#### [Your objective]
Reproduce the first line of the material below and each line after it, exactly, through the line containing "premises that an", and give nothing more.

#### [Input records]

//! Steps whose rule puts premises one after another, decided with no tree for the rule's value and within this work.
ghost use Rattle.std.specs.Prelude.{◌≡◌, ◌↔◌, ℕ, List, true, map, IfOk, IfSome};
ghost use Rattle.paths.specs.Paths.{PathData};
ghost use Rattle.algebra.specs.Basics.{seq_of, star_of};
ghost use Rattle.algebra.specs.HeldPaths.{Held};
ghost use Rattle.conditions.specs.Conditions.{cond_of, value_of, IsCanonical};
ghost use Rattle.core_program.specs.Core.{Program};
ghost use Rattle.core_program.specs.Views.{expr_of, stmt_of, stmts_from};
ghost use Rattle.rules.specs.Effect.{Assignment};
ghost use Rattle.rules.specs.Rules.{AtMost};
ghost use Rattle.book_check.specs.Pairs.{IsPairBelow};
ghost use Rattle.book_check.specs.Judges.{judge_assignment, judge_program, judge_rel, judge_table, judge_value, AreCanonical};
ghost use Rattle.effects.specs.Rules.{block_value, choice_value, in_sequence, loop_value, expr_rule as expr_rule_of, stmt_rule as stmt_rule_of, Value};

use crate::accesses::access;
use crate::judge::Judge;
use crate::lookups::tree_at;
use crate::pairs::{both, pair_below, sequence_below};
use crate::rule_values::call;
use crate::stuck::Stuck;
use crate::unmoved::is_sequence;
use crate::values::leaf;
use crate::work::{MOST_DEPTH, StepWork, Work};
use algebra::Basic;
use conditions::Tree;
use core_program::{CoreExpr, CoreStmt};
use std::alloc::Global;

/// The premises that an expression's rule puts one after another, and the basic behind them, where it does so.
fn expr_sequence<'a>(e: &CoreExpr, numbers: &'a [u32]) -> Option<(&'a [u32], Basic)>
    ensures { (P : Program) (rel : ℕ → List PathData) (A : Assignment) (V : ℕ → Value) (H : Held) → IfSome result (λ x.
        expr_rule_of P rel A (expr_of e.now) (map V numbers.now) H ≡ seq_of (in_sequence (map V x.0.now) H) x.1) }
{
    match e {
        CoreExpr::Int(_) | CoreExpr::Truth(_) | CoreExpr::Null | CoreExpr::This => {
            Some((&numbers[..0], Basic::Const))
        }
        CoreExpr::Var { is_final: true, .. } => Some((&numbers[..0], Basic::Const)),
        CoreExpr::Var { .. } => Some((&numbers[..0], Basic::Mover)),
        CoreExpr::Not(_)
        | CoreExpr::Neg(_)
        | CoreExpr::Binary(_, _, _)
        | CoreExpr::And(_, _)
        | CoreExpr::Or(_, _) => Some((numbers, Basic::Const)),
        CoreExpr::New(_, _) => Some((numbers, Basic::Mover)),
        CoreExpr::Get(_, _) | CoreExpr::Call(_, _, _) => None,
    }
}

/// The premises that a statement's rule puts one after another, and the basic behind them, where it does so.
fn stmt_sequence<'a>(s: &CoreStmt, numbers: &'a [u32]) -> Option<(&'a [u32], Basic)>
    ensures { (P : Program) (rel : ℕ → List PathData) (A : Assignment) (V : ℕ → Value) (H : Held) → IfSome result (λ x.
        stmt_rule_of P rel A (stmt_of s.now) (map V numbers.now) H ≡ seq_of (in_sequence (map V x.0.now) H) x.1) }
{
    match s {
        CoreStmt::Empty => Some((&numbers[..0], Basic::Const)),
        CoreStmt::Local { .. } | CoreStmt::SetVar(_, _) => Some((numbers, Basic::Mover)),
        CoreStmt::Do(_, _) | CoreStmt::Return(_) => Some((numbers, Basic::Const)),
        CoreStmt::Print(_) | CoreStmt::Start(_) => Some((numbers, Basic::Atomic)),
        _ => None,
    }
}

/// Whether a tree is at or above the value of an expression whose rule puts premises before a basic.
#[tactic(auto, using(crate::proofs::PairLemmas::sequence_step))]
fn plain_expr_below(
    work: Work<'_>,
    judge: &Judge<'_>,
    e: &CoreExpr,
    numbers: &[u32],
    d: &Tree,
) -> Result<bool, Stuck>
    requires canonical { AreCanonical (judge_table judge.now) }
    requires known { IsCanonical (cond_of d.now) }
    ensures { IfOk result (λ b. (b ≡ true) ↔ ((H : Held) →
        AtMost (expr_rule_of (judge_program judge.now) (judge_rel judge.now) (judge_assignment judge.now) (expr_of e.now) (map (judge_value judge.now) numbers.now) H) (value_of (cond_of d.now) H))) }
{
    let Some((before, last)) = expr_sequence(e, numbers) else {
        return Err(Stuck::Undecided);
    };
    let last = leaf(last);
    sequence_below(work, judge, before, &last, d)
}

/// Whether a tree is at or above the value of a statement whose rule puts premises before a basic.
#[tactic(auto, using(crate::proofs::PairLemmas::sequence_step))]
fn plain_stmt_below(
    work: Work<'_>,
    judge: &Judge<'_>,
    s: &CoreStmt,
    numbers: &[u32],
    d: &Tree,
) -> Result<bool, Stuck>
    requires canonical { AreCanonical (judge_table judge.now) }
    requires known { IsCanonical (cond_of d.now) }
    ensures { IfOk result (λ b. (b ≡ true) ↔ ((H : Held) →
        AtMost (stmt_rule_of (judge_program judge.now) (judge_rel judge.now) (judge_assignment judge.now) (stmt_of s.now) (map (judge_value judge.now) numbers.now) H) (value_of (cond_of d.now) H))) }
{
    let Some((before, last)) = stmt_sequence(s, numbers) else {
        return Err(Stuck::Undecided);
    };
    let last = leaf(last);
    sequence_below(work, judge, before, &last, d)
}

/// Whether a tree is at or above the value of an expression's rule, within this work.
pub(crate) fn expr_below(
    alloc: Global,
    work: StepWork<'_, '_>,
    judge: &Judge<'_>,
    e: &CoreExpr,
    numbers: &[u32],
    d: &Tree,
) -> Result<bool, Stuck>
    requires canonical { AreCanonical (judge_table judge.now) }
    requires known { IsCanonical (cond_of d.now) }
    ensures { IfOk result (λ b. (b ≡ true) ↔ ((H : Held) →
        AtMost (expr_rule_of (judge_program judge.now) (judge_rel judge.now) (judge_assignment judge.now) (expr_of e.now) (map (judge_value judge.now) numbers.now) H) (value_of (cond_of d.now) H))) }
{
    match e {
        CoreExpr::Get(receiver, field) => {
            let access = access(alloc, work.trees, judge.program, receiver, *field, false)?;
            sequence_below(work.pairs, judge, numbers, &access, d)
        }
        CoreExpr::Call(receiver, callee, args) => {
            let call = call(alloc, work.trees, judge, *callee, receiver, args.as_slice())?;
            sequence_below(work.pairs, judge, numbers, &call, d)
        }
        _ => plain_expr_below(work.pairs, judge, e, numbers, d),
    }
}

/// Whether a block's value is at most a tree, by pairs of its statements, where each keeps the values of the later ones. Undecided for
/// other blocks.
fn block_below(
    work: Work<'_>,
    judge: &Judge<'_>,
    body: &[CoreStmt],
    numbers: &[u32],
    d: &Tree,
) -> Result<bool, Stuck>
    requires canonical { AreCanonical (judge_table judge.now) }
    requires known { IsCanonical (cond_of d.now) }
    ensures { IfOk result (λ b. (b ≡ true) ↔ ((H : Held) →
        AtMost (block_value (judge_program judge.now) (stmts_from body.now) (map (judge_value judge.now) numbers.now) H) (value_of (cond_of d.now) H))) }
{
    if body.len() != numbers.len() {
        return Err(Stuck::Undecided);
    }
    if !is_sequence(work, judge, body, numbers)? {
        return Err(Stuck::Undecided);
    }
    let last = leaf(Basic::Const);
    sequence_below(work, judge, numbers, &last, d)
}

/// Whether two trees of the table, one after the other, are at most another. Undecided where a number has no tree, which no book has.
fn numbers_below(
    work: Work<'_>,
    judge: &Judge<'_>,
    first: u32,
    second: u32,
    d: &Tree,
) -> Result<bool, Stuck>
    requires canonical { AreCanonical (judge_table judge.now) }
    requires known { IsCanonical (cond_of d.now) }
    ensures { IfOk result (λ b. (b ≡ true) ↔ IsPairBelow (judge_value judge.now first) (judge_value judge.now second) (value_of (cond_of d.now))) }
{
    let Some(t) = tree_at(judge.table, first) else {
        return Err(Stuck::Undecided);
    };
    let Some(u) = tree_at(judge.table, second) else {
        return Err(Stuck::Undecided);
    };
    pair_below(work, MOST_DEPTH, t, u, d)
}

/// Whether a condition and then either of two branches is at most a tree.
#[tactic(auto, using(crate::proofs::PairLemmas::choice_below))]
fn choice_below(work: Work<'_>, judge: &Judge<'_>, numbers: &[u32], d: &Tree) -> Result<bool, Stuck>
    requires canonical { AreCanonical (judge_table judge.now) }
    requires known { IsCanonical (cond_of d.now) }
    ensures { IfOk result (λ b. (b ≡ true) ↔ ((H : Held) →
        AtMost (choice_value (map (judge_value judge.now) numbers.now) H) (value_of (cond_of d.now) H))) }
{
    let Some((condition, branches)) = numbers.split_first() else {
        return Err(Stuck::Undecided);
    };
    let Some((first, others)) = branches.split_first() else {
        return Err(Stuck::Undecided);
    };
    let Some((second, _)) = others.split_first() else {
        return Err(Stuck::Undecided);
    };
    let in_first = numbers_below(work, judge, *condition, *first, d)?;
    let in_second = numbers_below(work, judge, *condition, *second, d)?;
    Ok(both(in_first, in_second))
}

/// Whether a condition, and then a body and the condition any number of times, are at most a tree: exactly where two such turns are.
fn loop_below(work: Work<'_>, judge: &Judge<'_>, numbers: &[u32], d: &Tree) -> Result<bool, Stuck>
    requires canonical { AreCanonical (judge_table judge.now) }
    requires known { IsCanonical (cond_of d.now) }
    ensures { IfOk result (λ b. (b ≡ true) ↔ ((H : Held) →
        AtMost (loop_value (map (judge_value judge.now) numbers.now) H) (value_of (cond_of d.now) H))) }
{
    let Some((condition, bodies)) = numbers.split_first() else {
        return Err(Stuck::Undecided);
    };
    let Some((body, _)) = bodies.split_first() else {
        return Err(Stuck::Undecided);
    };
    turns_below(work, judge, *condition, *body, d)
}

/// Whether a condition and then a body and the condition, twice, are at most a tree.
fn turns_below(
    work: Work<'_>,
    judge: &Judge<'_>,
    condition: u32,
    body: u32,
    d: &Tree,
) -> Result<bool, Stuck>
    requires canonical { AreCanonical (judge_table judge.now) }
    requires known { IsCanonical (cond_of d.now) }
    ensures { IfOk result (λ b. (b ≡ true) ↔ ((H : Held) → AtMost
        (seq_of (judge_value judge.now condition H) (star_of (seq_of (judge_value judge.now body H) (judge_value judge.now condition H)))) (value_of (cond_of d.now) H))) }
{
    let turns = [condition, body, condition, body, condition];
    let last = leaf(Basic::Const);
    sequence_below(work, judge, &turns, &last, d)
}

/// Whether a tree is at or above the value of a statement's rule, within this work.
pub(crate) fn stmt_below(
    alloc: Global,
    work: StepWork<'_, '_>,
    judge: &Judge<'_>,
    s: &CoreStmt,
    numbers: &[u32],
    d: &Tree,
) -> Result<bool, Stuck>
    requires canonical { AreCanonical (judge_table judge.now) }
    requires known { IsCanonical (cond_of d.now) }
    ensures { IfOk result (λ b. (b ≡ true) ↔ ((H : Held) →
        AtMost (stmt_rule_of (judge_program judge.now) (judge_rel judge.now) (judge_assignment judge.now) (stmt_of s.now) (map (judge_value judge.now) numbers.now) H) (value_of (cond_of d.now) H))) }
{
    match s {
        CoreStmt::Block(body) => block_below(work.pairs, judge, body.as_slice(), numbers, d),
        CoreStmt::If(_, _, _) => choice_below(work.pairs, judge, numbers, d),
        CoreStmt::While(_, _) => loop_below(work.pairs, judge, numbers, d),
        CoreStmt::SetField(receiver, field, _) => {
            let access = access(alloc, work.trees, judge.program, receiver, *field, true)?;
            sequence_below(work.pairs, judge, numbers, &access, d)
        }
        _ => plain_stmt_below(work.pairs, judge, s, numbers, d),
    }
}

#### [Response to this exercise]
//! Steps whose rule puts premises one after another, decided with no tree for the rule's value and within this work.
ghost use Rattle.std.specs.Prelude.{◌≡◌, ◌↔◌, ℕ, List, true, map, IfOk, IfSome};
ghost use Rattle.paths.specs.Paths.{PathData};
ghost use Rattle.algebra.specs.Basics.{seq_of, star_of};
ghost use Rattle.algebra.specs.HeldPaths.{Held};
ghost use Rattle.conditions.specs.Conditions.{cond_of, value_of, IsCanonical};
ghost use Rattle.core_program.specs.Core.{Program};
ghost use Rattle.core_program.specs.Views.{expr_of, stmt_of, stmts_from};
ghost use Rattle.rules.specs.Effect.{Assignment};
ghost use Rattle.rules.specs.Rules.{AtMost};
ghost use Rattle.book_check.specs.Pairs.{IsPairBelow};
ghost use Rattle.book_check.specs.Judges.{judge_assignment, judge_program, judge_rel, judge_table, judge_value, AreCanonical};
ghost use Rattle.effects.specs.Rules.{block_value, choice_value, in_sequence, loop_value, expr_rule as expr_rule_of, stmt_rule as stmt_rule_of, Value};

use crate::accesses::access;
use crate::judge::Judge;
use crate::lookups::tree_at;
use crate::pairs::{both, pair_below, sequence_below};
use crate::rule_values::call;
use crate::stuck::Stuck;
use crate::unmoved::is_sequence;
use crate::values::leaf;
use crate::work::{MOST_DEPTH, StepWork, Work};
use algebra::Basic;
use conditions::Tree;
use core_program::{CoreExpr, CoreStmt};
use std::alloc::Global;

/// The premises that an expression's rule puts one after another, and the basic behind them, where it does so.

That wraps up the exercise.